Assis dans une usine de traitement du combustible nucléaire du Sud de la France, le physicien Francis Perrin se dit à lui-même : « C’est impossible ». Cela se passait en 1972. D’un côté, un morceau de minerai d’uranium radioactif naturel de couleur sombre, extrait d’une mine en Afrique, de l’autre, des données scientifiques validées indiquant que la teneur des minerais en uranium radioactif est constante.
L’analyse de ce minerai à haute teneur provenant d’une mine du Gabon a montré qu’il contenait une plus faible proportion d’uranium 235 ( 235U), le seul de type fissile. Cette différence, bien qu’infime, était suffisante pour rendre les chercheurs perplexes.
La première explication logique avancée par les physiciens pour justifier une teneur aussi inhabituelle en uranium 235 était qu’il ne s’agissait pas d’uranium naturel. De nos jours, celui-ci contient toujours 0,720 % d’uranium 235, qu’il provienne de la croûte terrestre, de roches lunaires ou de météorites. Mais ce morceau de roche d’Oklo ne contenait que 0,717 % d’uranium 235.
Comment expliquer cela ? La seule explication initialement trouvée par les physiciens était que le minerai d’uranium avait subi une fission artificielle, c’est-à-dire qu’on avait provoqué une scission forcée de certains atomes d’uranium 235 par une réaction nucléaire en chaîne. Cela pouvait expliquer la teneur anormalement faible en uranium.
Cependant, des analyses complémentaires ont permis à Francis Perrin et à ses collègues d’attester que le minerai d’uranium était totalement naturel. Fait encore plus curieux, ils ont découvert des traces de produits de fission dans ce minerai. Ils en ont conclu que le minerai d’uranium était naturel et avait subi une fission. La seule explication possible était que cette roche témoignait d’une fission naturelle qui avait eu lieu il y a plus de deux milliards d’années.

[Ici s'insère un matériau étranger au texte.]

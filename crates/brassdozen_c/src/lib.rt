//! What `brassdozen` offers to C, as `include/brassdozen.h` declares it.
#![tactic(auto)]

ghost use Rattle.std.specs.Prelude.{◌≡◌};
ghost use Rattle.a32.specs.Decode.{decode_of, decode_bytes_of};
ghost use Rattle.text.specs.Fits.{last_of};
ghost use Rattle.line_spelling.specs.Line.{line_of};
ghost use Rattle.section_convert.specs.Convert.{left_of};
ghost use Rattle.listing_text.specs.Listing.{listing_of};
ghost use Rattle.tally.specs.Tally.{own_of, lent_refusal, lent_last};
ghost use Rattle.patch.specs.Image.{◌from◌};
ghost use Rattle.patch.specs.Run.{found_of};
ghost use Rattle.patched.specs.Patched.{patched_left};
ghost use Rattle.brassdozen.specs.Given.{WalksForC, found_for_c, patched_for, BuildsForC, ReplacesForC, FindsForC, PutsHomeForC, JudgesForC};
ghost use Rattle.brassdozen.specs.Given.{place_refusal, place_last};
ghost use Rattle.brassdozen.specs.Given.{VERSION, row_refusal, row_last, encoded_of, homed_of, written_of, converted_to};

use encode_home::Filler;
use section_convert::Target;

/// The library's version: 10,000 for each major one, 100 for each minor one, and one for each patch.
#[unsafe(no_mangle)]
pub extern "C" fn brassdozen_version() -> u32
    ensures { result ≡ VERSION }
{
    brassdozen::brassdozen_version()
}

/// Decodes `word` at `addr` into the row of its answer, and gives 0; or gives a refusal's number.
#[unsafe(no_mangle)]
pub extern "C" fn brassdozen_decode(word: u32, addr: u64, row: &mut [u64]) -> u8
    ensures value { result ≡ row_refusal (decode_of word addr) row.old }
    ensures row_after { row.new ≡ row_last (decode_of word addr) row.old }
{
    brassdozen::brassdozen_decode(word, addr, row)
}

/// Decodes the first four of `bytes` at `addr`, low byte first, as `brassdozen_decode` does a word.
#[unsafe(no_mangle)]
pub extern "C" fn brassdozen_decode_bytes(bytes: &[u8], addr: u64, row: &mut [u64]) -> u8
    ensures value { result ≡ row_refusal (decode_bytes_of bytes.now addr) row.old }
    ensures row_after { row.new ≡ row_last (decode_bytes_of bytes.now addr) row.old }
{
    brassdozen::brassdozen_decode_bytes(bytes, addr, row)
}

/// The home word of the words whose row, at the address in it, `row` is, with a refusal's number above it.
#[unsafe(no_mangle)]
pub extern "C" fn brassdozen_encode(row: &[u64]) -> u64
    ensures { result ≡ encoded_of Filler.Manual row.now }
{
    brassdozen::brassdozen_encode(row)
}

/// The same with zeros in the bits that the words' row ignores.
#[unsafe(no_mangle)]
pub extern "C" fn brassdozen_encode_zeros(row: &[u64]) -> u64
    ensures { result ≡ encoded_of Filler.Zeros row.now }
{
    brassdozen::brassdozen_encode_zeros(row)
}

/// The home word of `word`, with a refusal's number above it.
#[unsafe(no_mangle)]
pub extern "C" fn brassdozen_home(word: u32) -> u64
    ensures { result ≡ homed_of Filler.Manual word }
{
    brassdozen::brassdozen_home(word)
}

/// The same with zeros in the bits that the word's row ignores.
#[unsafe(no_mangle)]
pub extern "C" fn brassdozen_home_zeros(word: u32) -> u64
    ensures { result ≡ homed_of Filler.Zeros word }
{
    brassdozen::brassdozen_home_zeros(word)
}

/// Writes the line of `word` at `addr`, and gives its length, with a refusal's number above it.
#[unsafe(no_mangle)]
pub extern "C" fn brassdozen_line(addr: u64, word: u32, out: &mut [u8]) -> u64
    ensures value { result ≡ written_of (line_of addr word) out.old }
    ensures out_after { out.new ≡ last_of (line_of addr word) out.old }
{
    brassdozen::brassdozen_line(addr, word, out)
}

/// Writes the listing of `section`, and gives its length, with a refusal's number above it.
#[unsafe(no_mangle)]
pub extern "C" fn brassdozen_listing(section: &[u8], out: &mut [u8]) -> u64
    ensures value { result ≡ written_of (listing_of section.now) out.old }
    ensures out_after { out.new ≡ last_of (listing_of section.now) out.old }
{
    brassdozen::brassdozen_listing(section, out)
}

/// Writes the address of what stands at a place of `section`, the word, and 1 if it is data and 0 if not, and gives 0; or gives a refusal's number.
#[unsafe(no_mangle)]
pub extern "C" fn brassdozen_place(section: &[u8], place: u32, out: &mut [u32]) -> u8
    ensures value { result ≡ place_refusal section.now place out.old }
    ensures out_after { out.new ≡ place_last section.now place out.old }
{
    brassdozen::brassdozen_place(section, place, out)
}

/// Writes `section` as one of version 1, and gives its length, with a refusal's number above it.
#[unsafe(no_mangle)]
pub extern "C" fn brassdozen_to_v1(section: &[u8], out: &mut [u8]) -> u64
    ensures value { result ≡ converted_to Target.One section.now out.old }
    ensures out_after { out.new ≡ left_of Target.One section.now out.old }
{
    brassdozen::brassdozen_to_v1(section, out)
}

/// Writes `section` as one of version 2, as `brassdozen_to_v1` does as one of version 1.
#[unsafe(no_mangle)]
pub extern "C" fn brassdozen_to_v2(section: &[u8], out: &mut [u8]) -> u64
    ensures value { result ≡ converted_to Target.Two section.now out.old }
    ensures out_after { out.new ≡ left_of Target.Two section.now out.old }
{
    brassdozen::brassdozen_to_v2(section, out)
}

/// Walks through `section` from place `entry` and writes the report's records, of three numbers each. Gives how many there are, above that how many
/// words were taken up, and a refusal's number above both.
#[unsafe(no_mangle)]
pub extern "C" fn brassdozen_walk(section: &[u8], entry: u32, records: &mut [u32]) -> u64
    ensures { WalksForC section.now entry records.old result records.new }
{
    brassdozen::brassdozen_walk(section, entry, records)
}

/// Adds `section` to the tally at the start of `counts`, and gives 0; or gives a refusal's number.
#[unsafe(no_mangle)]
pub extern "C" fn brassdozen_tally(section: &[u8], counts: &mut [u64]) -> u8
    ensures value { result ≡ lent_refusal (own_of section.now) counts.old }
    ensures counts_after { counts.new ≡ lent_last section.now counts.old }
{
    brassdozen::brassdozen_tally(section, counts)
}

/// Which of the section's words at `base` and the patch's at `over` holds the `len` bytes from `addr` on, and from which of its bytes on: that place,
/// above it 1 for the patch and 0 for the section, and a refusal's number above both.
#[unsafe(no_mangle)]
pub extern "C" fn brassdozen_run(
    section: &[u8],
    base: u32,
    patch: &[u8],
    over: u32,
    addr: u64,
    len: u64,
) -> u64
    ensures { result ≡ found_for_c (found_of (section.now from base) (patch.now from over) addr len) }
{
    brassdozen::brassdozen_run(section, base, patch, over, addr, len)
}

/// Writes `section` with `patch`, a section of its own, laid over its words, and gives its length, with a refusal's number above it.
#[unsafe(no_mangle)]
pub extern "C" fn brassdozen_patched<'a>(section: &'a [u8], patch: &'a [u8], out: &mut [u8]) -> u64
    ensures value { result ≡ patched_for section.now patch.now out.old }
    ensures out_after { out.new ≡ patched_left section.now patch.now out.old }
{
    brassdozen::brassdozen_patched(section, patch, out)
}

/// Writes the index of the calls of `section`, target and caller in turn, and gives how many there are, with a refusal's number above it.
#[unsafe(no_mangle)]
pub extern "C" fn brassdozen_index(section: &[u8], index: &mut [u32]) -> u64
    ensures { BuildsForC section.now index.old result index.new }
{
    brassdozen::brassdozen_index(section, index)
}

/// Replaces the word at a place of `section`, and updates its index of `count` calls. Gives how many there are now, with a refusal's number above it.
#[unsafe(no_mangle)]
pub extern "C" fn brassdozen_replace(
    section: &mut [u8],
    place: u32,
    word: u32,
    index: &mut [u32],
    count: u32,
) -> u64
    ensures { ReplacesForC section.old place word index.old count result section.new index.new }
{
    brassdozen::brassdozen_replace(section, place, word, index, count)
}

/// Writes the callers of `target` in an index of `count` calls, and gives how many there are, with a refusal's number above it.
#[unsafe(no_mangle)]
pub extern "C" fn brassdozen_callers(index: &[u32], count: u32, target: u32, out: &mut [u32]) -> u64
    ensures { FindsForC index.now count target out.old result out.new }
{
    brassdozen::brassdozen_callers(index, count, target, out)
}

/// Puts `section` in its home form and lists its changes, of three numbers each. Gives how many there are, above that how many were of the unindexed
/// form of ldc and stc, and a refusal's number above both.
#[unsafe(no_mangle)]
pub extern "C" fn brassdozen_home_form(section: &mut [u8], changes: &mut [u32]) -> u64
    ensures { PutsHomeForC section.old changes.old result section.new changes.new }
{
    brassdozen::brassdozen_home_form(section, changes)
}

/// Judges the rule of a barrier before every commit for a program in numbers, as `rule_verdict` has it. Gives the number of places of the way that
/// breaks it, which is written, or the first open place; above that the verdict, and a refusal's number above both.
#[unsafe(no_mangle)]
pub extern "C" fn brassdozen_judge(
    flags: &[u32],
    targets: &[u32],
    further: &[u32],
    entries: &[u32],
    known: &mut [u32],
    dist: &mut [u16],
    prior: &mut [u16],
    way: &mut [u32],
) -> u64
    ensures { JudgesForC flags.now targets.now further.now entries.now known.old dist.old prior.old way.old result known.new dist.new prior.new way.new }
{
    brassdozen::brassdozen_judge(flags, targets, further, entries, known, dist, prior, way)
}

« À l’issue d’études supplémentaires et notamment d’analyses effectuées sur place, les chercheurs ont découvert que la fission du minerai d’uranium avait été auto-entretenue », raconte Ludovic Ferrière, conservateur de la collection de roches au Muséum d’histoire naturelle de Vienne, où un morceau de cette roche singulière sera présenté au public en 2019. « Il n’y avait aucune autre explication possible », poursuit-il.
Pour qu’un tel phénomène ait pu se produire naturellement, il a fallu que ces gisements d’uranium d’Afrique équatoriale occidentale contiennent une masse critique d’uranium 235 pour que la réaction soit amorcée. C’était effectivement le cas à l’époque.

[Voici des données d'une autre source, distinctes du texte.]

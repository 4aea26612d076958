// The way back from the text of a report: the entry that a line tells, and a whole report, be its history legal or not.
#![tactic(auto)]

mod entries;
mod entry;
mod kind_word;
mod kinds;
mod laws;
mod reader;
mod reading;
mod unfinished;
mod words;

pub use entries::read_entries;
pub use kind_word::KindWord;
pub use laws::{one_line, one_report, report_text};
pub use reader::{LineReader, Unfinished};
pub use reading::{WholeReport, read_report};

Un autre facteur ayant favorisé ce phénomène est que le déclenchement et le maintien de toute réaction nucléaire en chaîne nécessite un modérateur. Dans ce cas, c’était l’eau. Si celle-ci n’avait pas ralenti les neutrons, la fission contrôlée n’aurait pas été possible. Les noyaux atomiques ne se seraient tout simplement pas scindés.
« Tout comme les réacteurs nucléaires à eau légère artificiels, les réactions de fission s’arrêtent inévitablement en l’absence d’un élément qui ralentit, ou modère, les neutrons », explique Peter Woods, chef d’équipe chargé de la production d’uranium à l’AIEA. « L’eau a joué le rôle de modérateur à Oklo, en absorbant les neutrons et en contrôlant la réaction en chaîne ».

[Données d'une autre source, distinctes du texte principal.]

// A whole report, read.
ghost use Rattle.std.specs.Prelude.{◌≡◌, ◌+◌, ◌^◌, ◌≤◌, IfOk, List, length};
ghost use Rattle.hm_base.specs.Program.{Program};
ghost use Rattle.hm_history.specs.declared.Entry.{Entry};
ghost use Rattle.hm_report_reading.specs.declared.reader.Unfinished.{Unfinished};
ghost use Rattle.hm_report_reading.specs.Reports.{IsReadBehind, IsReadOf, IsThis};
ghost use Rattle.hm_report_reading.specs.Texts.{HasText, text_of};

use crate::entries::read_entries;
use crate::reader::{LineReader, Unfinished};
use crate::unfinished::read_unfinished;
use hm_base::{NoMemory, Script};
use hm_history::History;
use hm_report::{Buffer, put_end};
use hm_report_front::{BadLine, first_difference, read_head};
use std::alloc::Global;

/// What a report's text says.
#[derive(Drop)]
pub struct WholeReport {
    pub script: Script,
    /// The number, from 1, of the first line after `history`.
    pub first: u64,
    /// It may be of any entries, also if they are no legal history of the script.
    pub history: History,
    /// In the order of their lines.
    pub unfinished: Vec<Unfinished>,
}

/// Reads the lines after `history`, of which the first has this number.
fn read_behind(
    alloc: Global,
    script: Script,
    first: u64,
    bytes: &[u8],
) -> Result<Result<WholeReport, BadLine>, NoMemory>
    requires { first + length bytes.now ≤ 2 ^ 63 + 2 }
    ensures read { IfOk result (IsReadBehind script first bytes.now) }
    ensures first { IfOk result (λ r. IfOk r (λ whole. whole.first ≡ first)) }
{
    script.facts();
    hm_script::one_text();
    let mut reader = LineReader::new(alloc)?;
    let (history, rest) = read_entries(alloc, &mut reader, bytes)?;
    let (unfinished, rest) = read_unfinished(alloc, &mut reader, rest)?;
    let mut end = Buffer::new(alloc)?;
    put_end(&mut end, history.len());
    match first_difference(end.as_slice(), rest) {
        Some(same) => {
            let before = history.len() + unfinished.len() as u64;
            Ok(Err(BadLine(first + before + same)))
        }
        None => Ok(Ok(WholeReport {
            script,
            first,
            history,
            unfinished,
        })),
    }
}

/// Reads a whole report, each line once. Its history need not be legal, nor need the operations that have not ended be
/// those of the history; that the last line counts the entries is part of the text. A bad line is the first that no
/// such text has there, and one more than there are lines if a line is missing.
pub fn read_report(alloc: Global, bytes: &[u8]) -> Result<Result<WholeReport, BadLine>, NoMemory>
    // The bytes are the text of what is read; a line that is refused is the first bad one.
    ensures read { IfOk result (IsReadOf bytes.now) }
    // What has the bytes as its text is read, unless memory runs out.
    ensures only { (c : Program) (h : List Entry) (us : List Unfinished) → HasText c h us → bytes.now ≡ text_of c h us
        → IfOk result (IsThis c h us) }
    // The number of a line is not too high for one number more for each entry.
    ensures low { IfOk result (λ r. IfOk r (λ whole. whole.first ≤ 2 ^ 63 + 2)) }
{
    hm_script::one_text();
    match read_head(alloc, bytes)? {
        Ok(head) => read_behind(alloc, head.script, head.first, head.rest),
        Err(bad) => Ok(Err(bad)),
    }
}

Le contexte géologique spécifique de ce qui est aujourd’hui le Gabon a également aidé. Les concentrations chimiques totales en uranium (notamment en 235U) étaient suffisamment élevées et les divers gisements individuels d’une épaisseur et d’une grandeur suffisantes. Dernier facteur favorable : la région d’Oklo a réussi à résister à l’épreuve du temps. Les experts pensent qu’il y a peut-être eu d’autres réacteurs naturels similaires dans le monde, mais qu’ils ont probablement été détruits par des processus géologiques, dégradés par l’érosion, en subduction ou n’ont tout simplement pas encore été découverts.
« Le plus fascinant dans cette histoire, c’est la manière dont le temps, la géologie et l’eau se sont alliés pour permettre à ce phénomène de se produire et d’être préservé jusqu’à nos jours », commente Peter Woods, qui précise que l’énigme est résolue.
Un échantillon de la roche est dans la ville qui abrite le siège de l’AIEA
Nous voulons que les gens en sachent plus sur la radioactivité naturelle et qu’ils prennent conscience du fait que la radioactivité est un phénomène omniprésent dans la nature qui ne présente aucun danger à de faibles niveaux.